Dies ist eine wichtige architektonische und städtebauliche Anforderung, insbesondere falls die Südseite des Stadions zur Finanzierung des Gesamtprojekts hauptsächlich sportfremde Nutzungen beherbergen soll. In früheren Neubauprojekten lag die eigentliche Sportstätte versteckt unter Glasdächern hinter einem Bürohaus mit einer völlig anderen Architektursprache. Stadion und Drittnutzung waren als gegensätzliche Körper ausgebildet.
Hier wird ein neues Selbstverständnis angestrebt: als zusammenhängende Architektur – gleich einem grossen Gefäss – tritt das neue Stadion in eine gleichwertige aussenräumliche Beziehung mit den benachbarten Sportstätten des Ortes, insbesondere mit der gegenüberliegenden grossen Sporthalle.

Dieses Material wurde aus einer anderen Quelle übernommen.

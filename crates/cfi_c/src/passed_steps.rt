//! The steps of a walk over what C passes.
ghost use Rattle.std.specs.Prelude.{◌≡◌, ◌≤◌, Err, OnErr, length};
ghost use Rattle.cfi_c.specs.PassedSteps.{AreOfStack};
ghost use Rattle.cfi_c.specs.ModuleSteps.{IsStepForC, IsStepInModule};

use crate::context::Context;
use crate::debug_frame::step_in_debug_frame;
use crate::module::{CfiModule, is_debug_frame, loaded_of, module_at};
use crate::stack::CfiStack;
use cfi_step::walk::{Start, checked};
use cfi_step::{
    Abi, AddressSize, Caller, End, Frame, FrameError, Steps, Window, row_address, step_in_module,
};
use gimli_cfi::{EndianSlice, RunTimeEndian};

/// The steps of a walk over what C passes.
#[derive(Drop)]
pub struct PassedSteps<'a> {
    /// The modules, in any order.
    pub modules: &'a [CfiModule<'a>],
    /// Whether they are in the order of their addresses, and none overlaps another.
    pub are_in_order: bool,
    /// The stack, whose size of an address is one.
    pub stack: &'a CfiStack<'a>,
    /// Its bytes as memory.
    pub memory: Window<EndianSlice<'a, RunTimeEndian>>,
    /// What the ABI says of its frames.
    pub abi: Abi,
}

impl<K> Steps<K, Context> for PassedSteps<'_> {
    ghost use Rattle.std.specs.Prelude.{⊤};

    ghost is_step = { λ steps. IsStepForC steps.stack.now steps.modules.now };

    ghost can_step = { λ steps cache. AreOfStack steps };

    ghost keeps = { λ steps old new. ⊤ };

    fn step(
        &self,
        _cache: &mut [K],
        context: &mut Context,
        at: &Start,
        registers: &[Option<u64>],
        caller: &mut [Option<u64>],
    ) -> Result<Caller, End> {
        step_from(self, context, at, registers, caller)
    }

    ghost keeps_none = { λ steps cache. tt };

    ghost keeps_then = { λ steps old next new first then. tt };
}

/// The step from a frame, in the first module whose code its address is in.
fn step_from(
    steps: &PassedSteps<'_>,
    context: &mut Context,
    at: &Start,
    registers: &[Option<u64>],
    caller: &mut [Option<u64>],
) -> Result<Caller, End>
    requires of_stack { AreOfStack steps.now }
    requires room { length caller.old ≤ 0x10000 }
    ensures step { IsStepForC steps.now.stack.now steps.now.modules.now
        (record { at = at.now; registers = registers.now; caller = caller.old })
        result caller.new }
    ensures room { result ≡ Err End.NoRoom → ⊥ }
{
    match module_at(
        steps.modules,
        steps.are_in_order,
        row_address(at.pc, at.is_interrupted),
    ) {
        None => Err(End::NoModule),
        Some(module) => checked(at, step_in(steps, context, module, at, registers, caller)),
    }
}

/// The caller of a frame of the module's code.
fn step_in(
    steps: &PassedSteps<'_>,
    context: &mut Context,
    module: &CfiModule<'_>,
    at: &Start,
    registers: &[Option<u64>],
    caller: &mut [Option<u64>],
) -> Result<Caller, FrameError>
    requires of_stack { AreOfStack steps.now }
    requires room { length caller.old ≤ 0x10000 }
    ensures step { IsStepInModule steps.now.stack.now module.now
        (record { at = at.now; registers = registers.now; caller = caller.old })
        result caller.new }
    ensures unwritten { OnErr result (caller.new ≡ caller.old) }
{
    let size = steps.stack.address_size;
    let frame = Frame {
        registers,
        memory: &steps.memory,
        address_size: AddressSize::new(size),
    };
    let address = row_address(at.pc, at.is_interrupted);
    if is_debug_frame(module) {
        return step_in_debug_frame(module, context, address, &steps.abi, &frame, caller).caller;
    }
    let loaded = loaded_of(module, size);
    step_in_module(&loaded, context, address, &steps.abi, &frame, caller)
}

Das neue Stadion wird so zum städtebaulichen Element mit starker integrativer Symbolwirkung an dieser wichtigen Schnittstelle der beiden Basler Halbkantone.
Das vorliegende Basisprojekt ist ein Neubauprojekt, das die bestehende Südtribüne aus den 50er Jahren regelrecht in sich einverleibt. Der Querschnitt dieser Tribüne wird Modell für alle übrigen, nun ringsum gleichen Zuschauerrampen. Es entsteht eine Fussballarena mit einer starken räumlichen Ausstrahlung, welche das Publikum und die Spieler gleichermassen zu faszinieren vermag. Dazu sind allerdings einige wichtige architektonische Eigenschaften zu berücksichtigen, die im Stadionbau der letzten Jahre in Vergessenheit geraten sind.

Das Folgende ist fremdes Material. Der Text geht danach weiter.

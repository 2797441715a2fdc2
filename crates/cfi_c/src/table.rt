//! A compiled table that C holds.
ghost use Rattle.std.specs.Prelude.{◌≡◌};
ghost use Rattle.std.specs.Option.{option_map};
ghost use Rattle.cfi_c.specs.AddressRows.{is_live};

use crate::held_table::HeldTable;
use crate::unboxed::Unboxed;
use cfi_compiled::CompiledTable;
use std::alloc::Global;

/// A compiled table, or none: all zero.
#[repr(C)]
pub struct CfiTable {
    held: HeldTable,
    pub live: bool,
    ghost ok: { is_live held.table ≡ live },
}

impl CfiTable {
    /// Makes the value that C holds of a table, or of none.
    pub fn of(alloc: Global, held: Option<Box<CompiledTable>>) -> CfiTable
        ensures { result.held.table ≡ option_map (λ table. table.value) held }
    {
        match held {
            Some(table) => CfiTable {
                held: HeldTable::seal(Unboxed::of(table)),
                live: true,
            },
            None => CfiTable {
                held: HeldTable::none(alloc),
                live: false,
            },
        }
    }

    /// Returns the table, where there is one.
    pub fn into_box(self) -> Option<Box<CompiledTable>>
        ensures { option_map (λ table. table.value) result ≡ self.held.table }
    {
        let CfiTable { held, live } = self;
        if live {
            return Some(held.unseal().into_box());
        }
        drop(held);
        None
    }
}

impl Drop for CfiTable {
    fn drop(self) {
        drop(self.into_box());
    }
}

Vor allem im Anschluss an die Olympiade von 1972 in München sind bei den Architekten Glasdächer beliebt geworden, eine Mode, welche sich bis heute verheerend auf zahlreiche neue Stadien ausgewirkt hat. Das Dach eines Fussballstadions sollte nicht gläsern und transparent sein, dass die Zuschauer sich sozusagen wie im Freien fühlen oder ausgestellt wie in einem Treibhaus. Es soll im Gegenteil ein Gefühl von Schutz und Geborgenheit, den Eindruck eines Innenraums vermitteln. Dazu ist ein geschlossenes, solides Tribünendach wie bei der heutigen Tribüne Voraussetzung. Im Neubauprojekt ist das Dach ausserdem leicht nach vorne, zum Spielfeldrand hin geneigt, um diese räumliche Wirkung zu verstärken, wie man sie auch in englischen Stadien antrifft, wo ein Stadion seit jeher mit einer Heimstätte gleichgesetzt wird. ( Ein besonders schönes englisches Beispiel für ein geneigtes Tribünendach ist das Dach des Central Court von Wimbledon).

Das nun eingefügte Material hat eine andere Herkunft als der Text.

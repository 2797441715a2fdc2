//! A context by its address, as C holds it.
ghost use Rattle.std.specs.Prelude.{◌≡◌, Bool, true, false};
ghost use Rattle.cfi_c.specs.HeldContexts.{owned_context};

use crate::context::Context;
use crate::unboxed::Unboxed;
use std::alloc::Global;
use std::marker::Model;

/// The address of a context, which it owns where it is live. Dropping it frees nothing, so
/// `CfiContext` unseals a live one first.
#[repr(C)]
#[derive(Drop)]
pub struct HeldContext {
    at: *mut u8,
    alloc: Global,
    pub ghost live: { Bool },
}

impl Model for HeldContext {
    ghost also_owns = { λ held. owned_context held.live held.alloc held.at };
}

impl HeldContext {
    /// Returns the value of no context.
    pub fn none(alloc: Global) -> HeldContext
        ensures { result.live ≡ false }
    {
        HeldContext {
            at: std::ptr::null_mut(),
            alloc,
        }
    }

    /// Forgets the type of the context.
    pub fn seal(context: Unboxed<Context, Global>) -> HeldContext
        ensures { result.live ≡ true }
    {
        let Unboxed { at, alloc } = context;
        HeldContext {
            at: at as *mut u8,
            alloc,
        }
    }

    /// Restores the type of the context.
    pub fn unseal(self) -> Unboxed<Context, Global>
        requires { self.live ≡ true }
    {
        let HeldContext { at, alloc } = self;
        Unboxed {
            at: at as *mut Context,
            alloc,
        }
    }
}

Die äussere Hülle des Basisprojekts zeichnet sich durch unterschiedliche Oberflächenqualitäten aus, die den jeweiligen Bedürfnissen der dahinterliegenden Nutzflächen angepasst sind: Büros, VIP Räume, Restaurant oder einfache Erschliessungszonen oder Cateringstände. Diese unterschiedlichen Oberflächen sind meist Verglasungen in verschiedenen Behandlungsarten und Farben. Damit trotz dieser unterschiedlichen Benutzeroberflächen ein einheitliches Bild entsteht – eine Art Erkennungs- und Identifikationsmerkmal für das neue St.Jakob Stadion – ist die äussere Stützenreihe in der Art eines umlaufenden Gitterwerks entwickelt, wie ein Korb aus schräggestellten Betonpfeilern. Das sich daraus ergebende Bild unterstützt die Geschlossenheit und Einheitlichkeit der Gesamtanlage, auch wenn sich dahinter unterschiedliche Nutzungen befinden oder gewisse Teilpartien (noch) gar nicht ausgebaut sind. Der Vollausbau des Basisprojekts ist in der sogenannten Basisvariante Plus grafisch und rechnerisch erfasst. Hier werden Flächen für Drittnutzer ausgewiesen, welche sich im südlichen, westlichen und östlichen Tribünenbau mit geringen baulichen Mehraufwendungen ergeben und dadurch die Investitionskosten für die reine Sportstätte zu senken vermögen.
Ein Abbruch der bestehenden Südtribüne gestattet es, den vorhandenen Bauplatz innerhalb der geltenden Baulinien für kommerzielle Nutzungen oder als Landreserve für spätere Zeiten besser auszunützen. Die architektonischen und städtebaulichen Überlegungen, welche hier anhand des Basisprojekts angestellt wurden, gelten auch für ein vollständiges Neubauprojekt. Wichtig ist dann wie eingangs erwähnt die architektonische Verschmelzung von Hochbau und Stadion zu einem überzeugenden Ganzen, das für diesen Ort geschaffen ist und diesen Ort in einem positiven Sinne zu prägen vermag: ein Ort mit einer integrativen Wirkung für die ganze Region.